What's an effective way to learn a new programming language? - hotz
You&#x27;ve got a &quot;9-5&quot; job and a family waiting for you at home. There&#x27;s probably 2-3 hours of freedom, how would you use that time to learn a new language? With the idea of switching career paths - going from PHP to Clojure&#x2F;Scala.
======
PaulHoule
If you choose Clojure get

[https://www.amazon.com/Clojure-Programming-Practical-Lisp-
Wo...](https://www.amazon.com/Clojure-Programming-Practical-Lisp-
World/dp/1449394701/)

and

[https://www.amazon.com/Clojure-Cookbook-Recipes-
Functional-P...](https://www.amazon.com/Clojure-Cookbook-Recipes-Functional-
Programming/dp/1449366171/)

these two books are much better than the free documentation for learning how
to "Think in Clojure". Expect to read them over and over again, maybe sitting
on the bus, spinning at the gym, or any time you can.

Conceive of a cool demo that would get upvoted on HN, be put on your LinkedIn
page, get talked about at an interview.

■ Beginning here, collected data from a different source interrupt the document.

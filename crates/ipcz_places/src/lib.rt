//! Places in a text: the line and column of an offset, where the values of a JSON text begin, where a text stops being JSON, and what to show of it.
#![tactic(auto)]

mod broken;
mod number;
mod place;
mod quoted;
mod shown;
mod values;
mod walk;

pub use broken::{Broken, JsonFault};
pub use place::{Place, place_at, start};
pub use shown::{push_excerpt, push_shown};
pub use values::{Member, end_of_value, excerpt, first_value, items, members};
pub use walk::json_fault;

Start with something small and scale
up until it "clicks"

I would recommend Python as a practical language which I see customers asking
for by name. Python has great libraries for making web sites and apps, as well
as data analysis, graphing, "intelligent" applications involving machine
learning, etc. Python lets you get the abstract syntax tree from the compiler
and transform it, so LISP-style metaprogramming is convenient and mainstream.

I have been paid to write Scala and I do not think it is a better choice than
Clojure, Python or even Java. C# is the best "better Java" at the moment,
although Java is slowly catching up. If you want type systems and static
metaprogramming that will blow your mind, learn the very latest in C++.

------
IanDrake
Udemy has good classes in general. Not sure about scala. Wait until they're on
sale for $10- $15 and then buy a few.

I watch them in 1.5x - 2x speed and slow down only when needed.